Two publications brought electronic encryption into the public domain. (EDITED)
(The application of cryptography to computer data.)
The US government publication of the Data Encryption Standard and
Dr Whitfield Diffie and Dr Martin Hellmans public-key cryptography, "New Directions in Cryptography"

Prior to this electronic encryption was developed mainly by the military - in secret.
A lot of millitary research and early computer development revolved around the coding and code-breaking of war messages.
i.e. Arthur Scherbius' Enigma electro-mechanical rotor cipher machines and Alan Turing who worked at the Government Code and Cypher School (GC&CS) at Bletchley Park, (Britain's codebreaking centre) who created the "Turing machine"  (A mathematical model of computation).

In the 1980s, Dr David Chaum wrote extensively on topics such as anonymous digital cash and pseudonymous reputation systems, which he described in his paper "Security without Identification: Transaction Systems to Make Big Brother Obsolete".

In late 1992, Eric Hughes, Timothy C May, and John Gilmore founded a small group.  At one of the first meetings, Jude Milhon (a hacker and author better known by her pseudonym St. Jude) described the group as the “Cypherpunks”.


The Cypherpunks mailing list was formed at about the same time, and just a few months later, Eric Hughes published "A Cypherpunk's Manifesto".

Quote
"Privacy is necessary for an open society in the electronic age. Privacy is not secrecy. A private matter is something one doesn't want the whole world to know, but a secret matter is something one doesn't want anybody to know. Privacy is the power to selectively reveal oneself to the world."

The Cypherpunks mailing list was started in 1992, and by 1994 had 700 subscribers

Some notable Cypherpunks and their achievements:

Jacob Appelbaum: Tor developer
Julian Assange: Founder of WikiLeaks
Dr Adam Back: Inventor of Hashcash, co-founder of Blockstream
Wei Dai : creator of B-money
Bram Cohen: Creator of BitTorrent
Philip Zimmermann: Creator of PGP 1.0
Hal Finney: Main author of PGP 2.0, creator of Reusable Proof of Work
Tim Hudson: Co-author of SSLeay, the precursor to OpenSSL
Paul Kocher: Co-author of SSL 3.0
Moxie Marlinspike: Founder of Open Whisper Systems (developer of Signal)
Steven Schear: Creator of the concept of the "warrant canary"
Bruce Schneier: Well-known security author
Zooko Wilcox-O'Hearn: DigiCash developer, Founder of Zcash
Dr Pieter Wuille: authored BIP32, hierarchical deterministic (HD) wallets, which makes it much simpler for bitcoin wallets to manage addresses.
Peter Todd:  Stealth Addresses
Justus Ranvier:  BIP47
Justin Newton: BIP75 Out of Band Address Exchange
Gregory Maxwell: CoinJoin CoinSwap  
Chris Belcher: JoinMarket

In 1997, Dr Adam Back created Hashcash, which was designed as an anti-spam mechanism that would add time and computational cost to sending email, thus making spam uneconomical.
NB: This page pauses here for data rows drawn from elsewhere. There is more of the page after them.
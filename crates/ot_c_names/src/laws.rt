//! Laws of the names of arrays in C. Each is the contract of a function that does nothing.
ghost use Rattle.ot_c_names.specs.Laws.{OwnNameComesBack};

/// The own name of a name in C is the name, where that begins with no capital.
pub fn own_name_comes_back()
    ensures { OwnNameComesBack }
{}
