ghost use Rattle.std.specs.Prelude.{◌≡◌, ◌-◌, ◌^◌, min};
ghost use Rattle.ot_model.specs.View.{expr_of, stmt_of, stmts_of};
ghost use Rattle.ot_program.specs.Limits.{picked_of};
ghost use Rattle.ot_book.specs.Shelves.{named_in, named_in_one};

use ot_model::{Expr, Stmt};

/// How many cells statements name, or the greatest number of 32 bits where they name more. It looks once at each
/// statement, and at each part of their values.
#[cycle(named)]
pub(crate) fn cells_named(stmts: &[Stmt]) -> u32
    ensures { result ≡ min (named_in (stmts_of stmts.now)) (2 ^ 32 - 1) }
{
    let mut total = 0u32;
    for stmt in stmts {
        total = total.saturating_add(named_in_one(stmt));
    }
    total
}

#[cycle(named)]
fn named_in_one(stmt: &Stmt) -> u32
    ensures { result ≡ min (named_in_one (stmt_of stmt.now)) (2 ^ 32 - 1) }
{
    match stmt {
        Stmt::Set(_, value) | Stmt::Fold(_, _, value) => picked(value),
        Stmt::If(test, one, two) => {
            let either = cells_named(one).saturating_add(cells_named(two));
            picked(test).saturating_add(either)
        }
        Stmt::Task(declared, body) => {
            count(declared.uses().len()).saturating_add(cells_named(body))
        }
        Stmt::Wait(None) => 0,
        Stmt::Wait(Some(declared)) => count(declared.uses().len()),
        Stmt::Group(_, cells, body) => count(cells.len()).saturating_add(cells_named(body)),
    }
}

/// How many cells the sections have that a value picks from.
fn picked(value: &Expr) -> u32
    ensures { result ≡ min (picked_of (expr_of value.now)) (2 ^ 32 - 1) }
{
    match value {
        Expr::Number(_) | Expr::Cell(_) => 0,
        Expr::Op(_, one, two) => picked(one).saturating_add(picked(two)),
        Expr::Pick(section, chosen) => picked(chosen).saturating_add(section.len),
    }
}

fn count(cells: usize) -> u32
    ensures { result ≡ min cells (2 ^ 32 - 1) }
{
    u32::try_from(cells).unwrap_or(u32::MAX)
}
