//! Arrays in C: their names, and their cells as they begin.
#![tactic(auto)]

pub mod array;
pub mod laws;
mod name;

pub use array::{CArray, all_cells, cell_count};
pub use name::{is_taken, name_in_c, own_name};
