ghost use Rattle.std.specs.Prelude.{◌≡◌, IfOk, map};
ghost use Rattle.ot_model.specs.Programs.{arrays_of};
ghost use Rattle.ot_book.specs.declared.told.Told.TheVariants.{Lost, Refused};
ghost use Rattle.ot_book.specs.Faults.{told_by_store, told_by_program, told_by_check};

use crate::code::Code;
use ot_check::{CheckFault, Offence};
use ot_model::ArrayShape;
use ot_program::ProgramFault;
use ot_store::{StoreFault, StoreRefusal};
use std::alloc::{AllocError, AllocFailed, Global};

/// What a tenant is told of one request.
#[derive(Debug, Drop)]
pub enum Told {
    Accepted,
    /// The numbers that were asked for.
    Cells(Vec<u64>),
    /// The arrays in order of creation.
    Arrays(Vec<ArrayShape>),
    /// The units of all done replies.
    Used(u64),
    /// Executed task statements, units, and the numbers of each section shown after the run.
    Done(u32, u32, Vec<Vec<u64>>),
    Refused(Code),
    /// The program could race: its first offence, and the number of the statement, from 1.
    Offends(Offence, u32),
    /// 508: memory ran out.
    Lost,
}

impl Told {
    ghost use Rattle.ot_book.specs.ReplyView.{told_of};

    /// An equal one.
    pub fn copy(&self, alloc: Global) -> Result<Told, AllocError>
        ensures { IfOk result (λ copy. told_of copy ≡ told_of self.now) }
    {
        Ok(match self {
            Told::Accepted => Told::Accepted,
            Told::Cells(values) => Told::Cells(Vec::from_slice(alloc, values.as_slice())?),
            Told::Arrays(arrays) => Told::Arrays(copy_arrays(alloc, arrays)?),
            Told::Used(units) => Told::Used(*units),
            Told::Done(tasks, units, shows) => {
                Told::Done(*tasks, *units, copy_shows(alloc, shows)?)
            }
            Told::Refused(code) => Told::Refused(*code),
            Told::Offends(offence, place) => Told::Offends(*offence, *place),
            Told::Lost => Told::Lost,
        })
    }
}

impl From<AllocError> for Told {
    ghost from_gives = { λ _ told. told ≡ Lost };

    fn from(_error: AllocError) -> Told {
        Told::Lost
    }
}

impl<T: Drop> From<AllocFailed<T>> for Told {
    ghost from_gives = { λ _ told. told ≡ Lost };

    fn from(_error: AllocFailed<T>) -> Told {
        Told::Lost
    }
}

impl From<StoreRefusal> for Told {
    ghost use Rattle.ot_book.specs.declared.code.Code.TheVariants.{Store};

    ghost from_gives = { λ refusal told. told ≡ Refused (Store refusal) };

    fn from(refusal: StoreRefusal) -> Told {
        Told::Refused(Code::Store(refusal))
    }
}

impl From<StoreFault> for Told {
    ghost from_gives = { λ fault told. told ≡ told_by_store fault };

    fn from(fault: StoreFault) -> Told {
        match fault {
            StoreFault::Memory => Told::Lost,
            StoreFault::Refused(refusal) => Told::Refused(Code::Store(refusal)),
        }
    }
}

impl From<ProgramFault> for Told {
    ghost from_gives = { λ fault told. told ≡ told_by_program fault };

    fn from(fault: ProgramFault) -> Told {
        match fault {
            ProgramFault::Memory => Told::Lost,
            ProgramFault::Refused(refusal) => Told::Refused(Code::Program(refusal)),
        }
    }
}

impl From<CheckFault> for Told {
    ghost from_gives = { λ fault told. told ≡ told_by_check fault };

    fn from(fault: CheckFault) -> Told {
        match fault {
            CheckFault::Memory => Told::Lost,
            CheckFault::Offence(offence, place) => Told::Offends(offence, place),
        }
    }
}

/// Equal arrays.
fn copy_arrays(alloc: Global, arrays: &Vec<ArrayShape>) -> Result<Vec<ArrayShape>, AllocError>
    ensures { IfOk result (λ copy. arrays_of copy.items ≡ arrays_of arrays.now.items) }
{
    let mut copy = Vec::with_capacity(alloc, arrays.len())?;
    for array in arrays {
        copy.push(ArrayShape {
            name: String::from_str(alloc, array.name.as_str())?,
            len: array.len,
        })?;
    }
    Ok(copy)
}

/// Equal lists.
fn copy_shows(alloc: Global, shows: &Vec<Vec<u64>>) -> Result<Vec<Vec<u64>>, AllocError>
    ensures { IfOk result (λ copy. map (λ s. s.items) copy.items ≡ map (λ s. s.items) shows.now.items) }
{
    let mut copy = Vec::with_capacity(alloc, shows.len())?;
    for show in shows {
        copy.push(Vec::from_slice(alloc, show.as_slice())?)?;
    }
    Ok(copy)
}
Later in 1998, Wei Dai published a proposal for "b-money", a practical way to enforce contractual agreements between anonymous parties.

In 2004, Hal Finney  created reusable proof of work (RPOW), which built on Back's Hashcash.

Bitcoin uses the Hashcash “proof of work (POW)” concept while quite a few other cryptocurrencies have implemented a variant known as "proof of stake" (POS).

Nick Szabo published a proposal for "bit gold" in 2005 – a digital collectible that built upon Finney's RPOW proposal.

Finally, in 2008, Satoshi Nakamoto, a pseudonym for a still-unidentified individual or individuals, published the bitcoin whitepaper, citing both hashcash and b-money.  Satoshi emailed Wei Dai directly and mentioned that he learned about b-money from Dr Back.

Cypherpunks are pro open-source
Cypherpunks Anti-License (CPL)
The CPL is written from a mindset which derides the very concept of Intellectual Property restrictions as being incompatible with a free society.


Sources:
https://www.cryptocompare.com/coins/guides/who-are-the-cypherpunks/
https://medium.com/swlh/the-untold-history-of-bitcoin-enter-the-cypherpunks-f764dee962a1
https://en.wikipedia.org/wiki/Cypherpunk
https://blockonomi.com/cryptography-cypherpunks/
https://itsblockchain.com/cypherpunk/
https://www.coindesk.com/the-rise-of-the-cypherpunks/

Further reading:
http://projects.csmonitor.com/cypherpunk

This is a work in progress - I intend to edit it to include more links and information. Corrections, additions and comments are welcomed.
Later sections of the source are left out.